A great book about the narrator talking to the reader is "We Are In A Book" by Mo Willems. It's a children's picture book, but nonetheless it is hilarious. Piggy and Gerald realize that someone is reading them, and "if the reader is reading out loud" then they can make the reader say whatever they want the reader to say. 🙂 It's a really clever concept, and I recommend getting it out of the library or something 🙂
A word on the dialect post last week… I myself tend to copy someone else's accent if I hear it a lot. For example, whenever I watch the Chronicles of Narnia, I have a British accent for days afterwards. Or, if I'm repeating what someone else said but they have an accent (such as a Southerner's funny story, or something the Irish Eoin Colfer said) I repeat it in that accent. Does that make sense?
Batmansbestfriend says:
Like all things, you can break any rule in any way you want if you’re doing it for comedic purposes. And by comedic I mean your readers are laughing, if they’re not it’s not comedy. I wrote a 715 page manuscript once where the narrator spoke to the reader…even asked question to prompt specific thought processes…and even went so far as to point out what happened and outright insult the reader for questioning it. “Hey, it’s what happened…yeah, I know…but stop assuming you know anything about…” or “…if you’re really concerned about this…then maybe you should stop reading, as you might be missing the whole point here…and wasting your own time as well as mine…” and so on. It was hilarious.
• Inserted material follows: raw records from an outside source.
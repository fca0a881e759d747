ghost use Rattle.std.specs.Prelude.{◌≡◌, ◌+◌, ◌-◌, ◌<◌, ◌==◌, Some, true, false, nat_lt, take, count_by, ◌||◌, not};
ghost use Rattle.std.specs.List.{list_any};
ghost use Rattle.am_node_parts.specs.Prelude.{NumberIsInRange, EntryIsInRange, fits, IsSetOfNames, names_of, number_is_within_bound, image_of_node, top, node_of};
ghost use Rattle.am_base.specs.declared.outcome.Outcome.{Outcome};
ghost use Rattle.am_model.specs.Receiving.{is_view, bodies_after_stored_entry, acknowledges, store_numbered_entry};
ghost use Rattle.am_node_defs.specs.Kept.{IsKept};
ghost use Rattle.am_node_parts.specs.Replies.{Replies};
ghost use Rattle.am_ordering.specs.Receiving.{Follows};

use crate::receiver::{Told, ack_where};
use am_base::entry::{EntryParts, EntryRef};
use am_base::name::Name;
use am_base::names::Names;
use am_base::outcome::Outcome;
use am_node_parts::parts::Parts;
use am_node_parts::reply::{Reply, quiet, saying};
use am_node_storage::bodies::Pool;
use am_node_storage::log::Log;

/// Whether an entry is a View.
fn is_view(entry: &EntryRef) -> bool
    ensures { result ≡ is_view entry.now }
{
    match entry.parts() {
        EntryParts::View(_) => true,
        EntryParts::Data { .. } => false,
        EntryParts::Join(_) => false,
        EntryParts::Leave(_) => false,
    }
}

/// Whether an entry may not be stored with this number.
fn is_unfit(parts: &Parts, number: u32, entry: &EntryRef) -> bool
    ensures value { result ≡ (is_view entry.now
        || (not (fits (image_of_node (node_of parts.now)) entry.now)
        || not (number_is_within_bound (node_of parts.now) parts.now.core.base number))) }
    ensures start { parts.now.core.base ≡ parts.now.core.log.start }
    ensures kept { IsKept parts.now.core.log (parts.now.core.rules.window + 15) }
{
    let base = parts.base();
    is_view(entry)
        || !parts.fits(entry)
        || number.saturating_sub(base) > u32::from(parts.core.rules.window()) + 15
}

/// The bodies that a stored entry leaves.
fn drop_from(pool: &mut Pool, entry: &EntryRef)
    ensures { pool.new ≡ bodies_after_stored_entry pool.old entry.now }
{
    match entry.parts() {
        EntryParts::Data { from, req, .. } => pool.drop_upto(*from, *req),
        EntryParts::Join(_) => {}
        EntryParts::Leave(_) => {}
        EntryParts::View(_) => {}
    }
}

/// Lets go of the bodies that a stored entry leaves behind.
fn drop_bodies(parts: &mut Parts, entry: &EntryRef)
    ensures { node_of parts.new ≡ record (node_of parts.old)
        { bodies = bodies_after_stored_entry (node_of parts.old).bodies entry.now } }
{
    drop_from(&mut parts.pool, entry);
}

/// How many names of a set stand at lower places than this.
fn lives_below(set: Names, place: u8) -> usize
    requires { place < 16 }
    ensures value { result ≡ count_by (λ life. nat_lt 0 life) (take place set) }
    ensures set { IsSetOfNames set }
{
    let lives = set.each_life();
    lives[..usize::from(place)]
        .iter()
        .filter(|life| 0 < **life)
        .count()
}

/// Whether a name is among so many lowest ones of a set.
fn is_among_lowest(set: Names, count: u8, name: Name) -> bool
    ensures { result ≡ list_any (λ other. other == name) (take count (names_of set)) }
{
    let lower = lives_below(set, name.place());
    set.has(name) && lower < usize::from(count)
}

/// Whether the node is among so many lowest members other than the sequencer.
#[tactic(auto, using(am_node_defs::proofs::Ends::image_top_rules))]
fn acknowledges(parts: &Parts, sequencer: Name) -> bool
    ensures { result ≡ acknowledges (node_of parts.now) sequencer (node_of parts.now) }
{
    let members = parts.core.log.members_after(parts.core.log.top());
    is_among_lowest(
        members.without(sequencer),
        parts.core.log.resilience(),
        parts.core.who,
    )
}

/// Stores the entry that is told next, where it fits, and acknowledges it where that is due. Unfit where it doesn't fit, else
/// Stored.
pub fn store<'a>(parts: &mut Parts, told: Told, entry: &EntryRef) -> Reply<'a>
    requires entry { EntryIsInRange entry.now }
    requires number { NumberIsInRange told.number }
    requires next { told.number ≡ top (node_of parts.old) + 1 }
    requires follows { Follows (node_of parts.old) }
    ensures { (missing : Outcome) → Replies (store_numbered_entry (node_of parts.old) told.sender told.number
        (Some entry.now) missing) result (node_of parts.new) }
{
    if is_unfit(parts, told.number, entry) {
        return quiet(Outcome::Unfit);
    }
    parts.push(entry);
    drop_bodies(parts, entry);
    let ack = ack_where(acknowledges(parts, told.sender), told.sender);
    let number = told.number;
    saying(Outcome::Stored { number }, ack)
}
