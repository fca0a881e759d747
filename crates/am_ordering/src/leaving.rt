ghost use Rattle.std.specs.Prelude.{◌≡◌, ◌≢◌, true, false};
ghost use Rattle.am_node_parts.specs.Prelude.{members_of_image, has, is_sequencer, image_of_node, node_of, HasRoomLeft, MayServe};
ghost use Rattle.am_model.specs.Sequencing.{has_no_join};
ghost use Rattle.am_model.specs.Joining.{report_counts, answer_leave_ask, leave_ask_row};
ghost use Rattle.am_node_parts.specs.Replies.{Replies};
ghost use Rattle.am_ordering.specs.Joining.{number_leave, leave_again};

use am_base::entry::EntryRef;
use am_base::image::Report;
use am_base::name::{Name, Stamp};
use am_base::outcome::Outcome;
use am_node_parts::parts::Parts;
use am_node_parts::reply::{Reply, StepAnswer, Telling, answering, numbered, polling, quiet};

/// Whether a report is one of this view, and its sender could have made it of the list.
fn counts_report(parts: &Parts, stamp: Stamp, report: Report) -> bool
    ensures { result ≡ report_counts (node_of parts.now) stamp report }
{
    stamp == parts.view() && parts.report_fits(report)
}

/// Numbers the Leave of a name, and lets it go where it may go at once.
fn number_leave<'a>(parts: &mut Parts, from: Name) -> Reply<'a>
    requires leads { is_sequencer (node_of parts.old) ≡ true }
    requires leaver { has (members_of_image (image_of_node (node_of parts.old))) from ≡ true }
    requires other { from ≢ parts.old.core.who }
    requires room { HasRoomLeft (node_of parts.old) }
    ensures { Replies (number_leave (node_of parts.old) from) result (node_of parts.new) }
{
    let number = parts.next_number();
    let others = parts.others();
    parts.push(&EntryRef::leave(from));
    numbered(number, others, EntryRef::leave(from)).and(Telling::Gone { to: from })
}

/// Lets a name go whose Leave stands in the list, where it may go.
fn leave_again<'a>(parts: &Parts, from: Name) -> Reply<'a>
    ensures { Replies (leave_again (node_of parts.now) from) result (node_of parts.now) }
{
    let number = parts.row(from).left;
    answering(
        StepAnswer::LetGo { to: from, number },
        Telling::Gone { to: from },
    )
}

/// Does what a member's request to leave asks for.
fn asks_to_leave<'a>(parts: &mut Parts, from: Name) -> Reply<'a>
    requires serves { MayServe (node_of parts.old) from }
    requires known { has_no_join (node_of parts.old) from ≡ false }
    ensures { Replies (answer_leave_ask (node_of parts.old) from) result (node_of parts.new) }
{
    let row = parts.row(from);
    if 0 < row.left {
        return leave_again(parts, from);
    }
    if !parts.has_room() {
        return polling(parts.held_answer());
    }
    number_leave(parts, from)
}

/// Takes a request to leave, with its sender's report where that is one of this view. Stranger: no Join of its sender
/// stands in the list. Held: there is no room, and the members are polled. Numbered: its Leave is. LetGo: that stands in
/// the list, and everybody else who is concerned has stored it; the leaver is told. Again: somebody hasn't. The node must be
/// the sequencer, and its last number not the greatest.
pub fn on_leave_ask<'a>(parts: &mut Parts, from: Name, stamp: Stamp, report: Report) -> Reply<'a>
    requires { MayServe (node_of parts.old) from }
    ensures { Replies (leave_ask_row (node_of parts.old) from stamp report) result
        (node_of parts.new) }
{
    if parts.is_unknown(from) {
        return quiet(Outcome::Stranger);
    }
    if !counts_report(parts, stamp, report) {
        return asks_to_leave(parts, from);
    }
    parts.take_report(from, report);
    asks_to_leave(parts, from)
}
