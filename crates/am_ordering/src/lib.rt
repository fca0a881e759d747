//! The rows of entries in their order: the sequencer with sends and reports, a member with the sequencer's packets, and both if somebody
//! joins or leaves.
#![tactic(auto)]

pub mod joining;
pub mod leaving;
mod numbering;
pub mod receiver;
pub mod sequencer;
mod serving;
mod storing;
pub mod welcomed;
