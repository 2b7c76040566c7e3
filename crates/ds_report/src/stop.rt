//! How the threads of a run stopped.

ghost use Rattle.std.specs.Prelude.{◌≡◌, ◌++◌, count_by, OnOk, codes, decimal};
ghost use Rattle.ds_report.specs.Text.{hex_text};
ghost use Rattle.ds_report.specs.Trace.{full_text};
ghost use Rattle.ds_report.specs.Stop.{trap_text, stopped_at, stop_line, stop_lines, how_text, is_trap};

use crate::text::{push, push_counted, push_function, push_hex, push_number, push_word};
use crate::trace::push_full;
use ds_ast::Name;
use ds_plain::{Place, Stop, Trap, TrapKind};
use ds_step::FullWhat;
use std::alloc::{AllocError, Global};

/// Adds why an instruction could not free a block that is not live.
fn push_double_free(
    alloc: Global,
    text: &mut Vec<u8>,
    address: u64,
    seen: u64,
) -> Result<(), AllocError>
    ensures { OnOk result (text.new.items ≡ text.old.items
        ++ (codes "double free of " ++ hex_text address ++ codes ", seen " ++ hex_text seen)) }
{
    push(text, b"double free of ")?;
    push_hex(alloc, text, address)?;
    push(text, b", seen ")?;
    push_hex(alloc, text, seen)
}

/// Adds why an instruction could not be carried out.
fn push_kind(alloc: Global, text: &mut Vec<u8>, kind: TrapKind) -> Result<(), AllocError>
    ensures { OnOk result (text.new.items ≡ text.old.items ++ trap_text kind) }
{
    match kind {
        TrapKind::UseAfterFree { address } => push_word(
            alloc,
            text,
            b"use after free at ",
            address,
        ),
        TrapKind::BadAddress { address } => push_word(alloc, text, b"bad address ", address),
        TrapKind::DoubleFree { address, seen } => push_double_free(alloc, text, address, seen),
        TrapKind::BadFree { address } => push_word(alloc, text, b"bad free of ", address),
        TrapKind::MarkedFree { address } => push_word(alloc, text, b"free of marked ", address),
        TrapKind::DivZero => push(text, b"division by zero"),
        TrapKind::DivOverflow => push(text, b"division overflow"),
        TrapKind::StackLimit => push(text, b"stack limit"),
        TrapKind::Unreachable => push(text, b"unreachable"),
        TrapKind::BadJoin { number } => push_counted(text, b"bad join of ", number),
    }
}

/// Adds at which instruction a thread was stopped, by the names of all functions.
fn push_stopped_at(
    text: &mut Vec<u8>,
    names: &[Name],
    what: &[u8],
    thread: usize,
    place: Place,
) -> Result<(), AllocError>
    ensures { OnOk result (text.new.items ≡ text.old.items ++ stopped_at names.now what.now thread place) }
{
    push(text, what)?;
    push(text, b" thread ")?;
    push_number(text, thread)?;
    push_function(text, names, place.function)?;
    push(text, b" instruction ")?;
    push_number(text, place.instruction)?;
    push(text, b": ")?;
    Ok(())
}

/// Adds the line of a thread that trapped.
fn push_trap(
    alloc: Global,
    text: &mut Vec<u8>,
    names: &[Name],
    thread: usize,
    trap: Trap,
) -> Result<(), AllocError>
    ensures { OnOk result (text.new.items ≡ text.old.items
        ++ (stopped_at names.now (codes "trap") thread trap.place ++ trap_text trap.kind ++ codes "\n")) }
{
    push_stopped_at(text, names, b"trap", thread, trap.place)?;
    push_kind(alloc, text, trap.kind)?;
    push(text, b"\n")
}

/// Adds the line of a thread that stopped at a full table.
fn push_at_full(
    text: &mut Vec<u8>,
    names: &[Name],
    thread: usize,
    place: Place,
    what: FullWhat,
) -> Result<(), AllocError>
    ensures { OnOk result (text.new.items ≡ text.old.items
        ++ (stopped_at names.now (codes "full") thread place ++ full_text what ++ codes "\n")) }
{
    push_stopped_at(text, names, b"full", thread, place)?;
    push_full(text, what)?;
    push(text, b"\n")
}

/// Adds the line of a thread whose fuel ran out.
fn push_fuel(text: &mut Vec<u8>, thread: usize) -> Result<(), AllocError>
    ensures { OnOk result (text.new.items ≡ text.old.items
        ++ (codes "fuel thread " ++ decimal thread ++ codes "\n")) }
{
    push(text, b"fuel thread ")?;
    push_number(text, thread)?;
    push(text, b"\n")?;
    Ok(())
}

/// Adds the line of a thread that did not come to the end of its function.
fn push_stop_line(
    alloc: Global,
    text: &mut Vec<u8>,
    names: &[Name],
    thread: usize,
    stop: Stop,
) -> Result<(), AllocError>
    ensures { OnOk result (text.new.items ≡ text.old.items ++ stop_line names.now thread stop) }
{
    match stop {
        Stop::Idle | Stop::Running | Stop::Returned(_) => Ok(()),
        Stop::Trap(trap) => push_trap(alloc, text, names, thread, trap),
        Stop::Full(place, what) => push_at_full(text, names, thread, place, what),
        Stop::Fuel => push_fuel(text, thread),
    }
}

/// Adds the stop lines of all threads, in number order.
pub fn push_stop_lines(
    alloc: Global,
    text: &mut Vec<u8>,
    names: &[Name],
    stops: &[Stop],
) -> Result<(), AllocError>
    ensures { OnOk result (text.new.items ≡ text.old.items ++ stop_lines names.now stops.now) }
{
    for (thread, stop) in stops.iter().enumerate() {
        push_stop_line(alloc, text, names, thread, *stop)?;
    }
    Ok(())
}

/// Adds how main ended.
pub fn push_how(text: &mut Vec<u8>, stop: Stop) -> Result<(), AllocError>
    ensures { OnOk result (text.new.items ≡ text.old.items ++ how_text stop) }
{
    match stop {
        Stop::Idle | Stop::Running => Ok(()),
        Stop::Returned(None) => push(text, b"returned"),
        Stop::Returned(Some(value)) => push_counted(text, b"returned ", value.cast_signed()),
        Stop::Trap(_) => push(text, b"trapped"),
        Stop::Full(_, _) => push(text, b"stopped at a full table"),
        Stop::Fuel => push(text, b"out of fuel"),
    }
}

/// Whether a stop is a trap.
fn is_trap(stop: Stop) -> bool
    ensures { result ≡ is_trap stop }
{
    matches!(stop, Stop::Trap(_))
}

/// How many threads trapped.
pub fn trap_count(stops: &[Stop]) -> usize
    ensures { result ≡ count_by is_trap stops.now }
{
    stops.iter().filter(|stop| is_trap(**stop)).count()
}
However, it was well set up. When it happened it should have been no huge surprise to the reader. I wasn’t taking the reader out of the story…it was the story…how it was told, and so on. It was set up so you’d feel like you were sitting in a living room being told the story by someone. Which is exactly the type of setting you’d get those type of comments. The point is, if you do it it must be set up before it even happens. You’re story telling style must warrant it.
Grace Namkung says:
Does saying “you” count as talking to the reader?
Gail Carson Levine says:
Yes. There’s a term for it: “direct address.”